Media consumption: some interesting stuff. We watched Unorthodox: I really loved it. I’ve always been fascinated by (and leery of) Orthodox Jewish culture. (I never would have lasted in it, myself, that’s for sure.) The lead actress is lovely (and she must be about four feet tall, if that). I felt very sad for her when she played piano for her new conservatory buddies and one of them just said flat-out, and accurately, ‘your playing is lovely, but you’re nowhere near ready for the convervatory’. (they do resolve that situation, sort-of, in an interesting way, and I love that they use “An die Musik” as a reference point). Anyway, recommended.

We saw a Bill Condon movie with Helen Mirren and Ian McKellan called The Good Liar, which I don’t remember getting a theatrical release. That was pretty good, and then we watched The Farewell, which is lovely. Awkwafina really is quite a nice actress.

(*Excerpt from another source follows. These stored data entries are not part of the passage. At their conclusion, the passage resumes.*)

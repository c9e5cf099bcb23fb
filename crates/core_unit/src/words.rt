//! Words of memory: what a value is, and the 64 bits that stand for it.

ghost use Rattle.std.specs.Prelude.{◌≡◌, ◌↔◌, IsTrue, MatchOption};
ghost use Rattle.core_unit.specs.Words.{packed, IsInRange, PacksTo, NothingPacksTo};
ghost use Rattle.core_unit.specs.declared.words.Word.{Word};
ghost use Rattle.eff_types.specs.Effects.{rank};
ghost use Rattle.eff_types.specs.declared.levels.Level.{Level};

use eff_types::Level;

/// What a word holds.
#[derive(Clone, Copy)]
pub enum Word {
    /// The number 0, the null pointer, or a mutex that nobody holds.
    Zero,
    /// What nobody has stored yet.
    Undefined,
    /// A number other than 0, by its bits.
    Number(u32),
    /// A pointer to the word at this address.
    DataPointer(u32),
    /// A pointer to the function of this number, at a level.
    FunctionPointer(u32, Level),
    /// A mutex that the thread of this number holds.
    Mutex(u32),
    /// The header of a piece of the heap, of this many words.
    Live(u32),
    /// The header of a piece that was freed.
    Freed(u32),
}

/// The kinds of words: a word is the number of its kind times this, and what it carries.
const KIND: u64 = 1 << 60;
/// A function pointer carries its level times this, and the number of its function.
const LEVEL: u64 = 1 << 32;

/// The greatest address that a pointer may hold: that behind the last word of objects.
const LAST_ADDRESS: u32 = 1 << 20;

impl Word {
    /// Whether what the word carries is in its range.
    pub fn is_in_range(self) -> bool
        ensures { IsTrue result ↔ IsInRange self }
    {
        match self {
            Word::Zero => true,
            Word::Undefined => true,
            Word::Number(bits) => bits != 0,
            Word::DataPointer(address) => 0 < address && address <= LAST_ADDRESS,
            Word::FunctionPointer(function, _) => function < 4096,
            Word::Mutex(thread) => thread < 64,
            Word::Live(words) => words <= LAST_ADDRESS,
            Word::Freed(words) => words <= LAST_ADDRESS,
        }
    }
}

fn rank_of(level: Level) -> u64
    ensures { result ≡ rank level }
{
    match level {
        Level::Plain => 0,
        Level::NonAllocating => 1,
        Level::NonBlocking => 2,
    }
}

fn level_of(number: u64) -> Level
    ensures { (level : Level) → rank level ≡ number → result ≡ level }
{
    match number {
        0 => Level::Plain,
        1 => Level::NonAllocating,
        _ => Level::NonBlocking,
    }
}

/// The 64 bits that stand for the word.
#[tactic(auto, unfolding(crate::specs::Words::packed))]
pub fn pack(word: Word) -> u64
    requires { IsInRange word }
    ensures { result ≡ packed word }
{
    match word {
        Word::Zero => 0,
        Word::Undefined => KIND,
        Word::Number(bits) => 2 * KIND + bits as u64,
        Word::DataPointer(address) => 3 * KIND + address as u64,
        Word::FunctionPointer(function, level) => {
            4 * KIND + rank_of(level) * LEVEL + function as u64
        }
        Word::Mutex(thread) => 5 * KIND + thread as u64,
        Word::Live(words) => 6 * KIND + words as u64,
        Word::Freed(words) => 7 * KIND + words as u64,
    }
}

/// The word for which the 64 bits stand, if any word does.
fn candidate(raw: u64) -> Word
    ensures { (word : Word) → PacksTo word raw → result ≡ word }
{
    let carried = (raw % LEVEL) as u32;
    match raw / KIND {
        0 => Word::Zero,
        1 => Word::Undefined,
        2 => Word::Number(carried),
        3 => Word::DataPointer(carried),
        4 => Word::FunctionPointer(carried, level_of(raw % KIND / LEVEL)),
        5 => Word::Mutex(carried),
        6 => Word::Live(carried),
        _ => Word::Freed(carried),
    }
}

/// The word for which the 64 bits stand; none exactly where there is none.
pub fn unpack(raw: u64) -> Option<Word>
    ensures { MatchOption result (NothingPacksTo raw) (λ word. PacksTo word raw) }
{
    let word = candidate(raw);
    if word.is_in_range() && pack(word) == raw {
        Some(word)
    } else {
        None
    }
}
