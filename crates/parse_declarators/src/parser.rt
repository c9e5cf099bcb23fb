//! What declarators are read by.

use parse_parameters::DeclaratorRules;

/// Declarators over the rules of what they hold.
#[derive(Clone, Copy)]
pub struct Declarators<C, D, M> {
    pub rules: DeclaratorRules<C, D, M>,
}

Books: finished Death of an American Beauty, which is fantastic and the best of the series so far. Romances: “Spectred Isle” by KJ Charles (has magic and ghosts) and “Fish Out of Water” by Amy Lane (PI/lawyer thriller). I liked “Fish” so much I went straight into the sequel, “Red Fish, Dead Fish”. And a biography of Domenico Scarlatti which seems very dry and which I may give up on quickly, but it’s going to live in the bathroom, so I’ll read it in small doses.

Speaking of Scarlatti:

I love Scarlatti.

So, the piano routine right now is:

  1. Easy sightreading.
  2. A scale a day, plus an easy piece in the key of that scale.
  3. Bach invention (rotate through a different 3 each week. If a particular one is finished, substitute a Scarlatti)
  4. Big piece.

The big piece now is Haydn’s D major sonata, Hob.XVI:37. I’d done the third movement for a piano jury in college. The second movement is deceptively simple, but is so damn slow I actually had to draw lines in the score to figure out where the beats and subdivisions were to get the rhythms right. Then, as I studied it more, I realized how many finger-sustains there were (hold one finger down to sustain a note while noodling with the others, and you can’t just pedal it) and that made it very complicated. But anyway, here’s them:

And now I can get really working on the first movement, which I’ve always wanted to truly nail down. Expect that in a few weeks.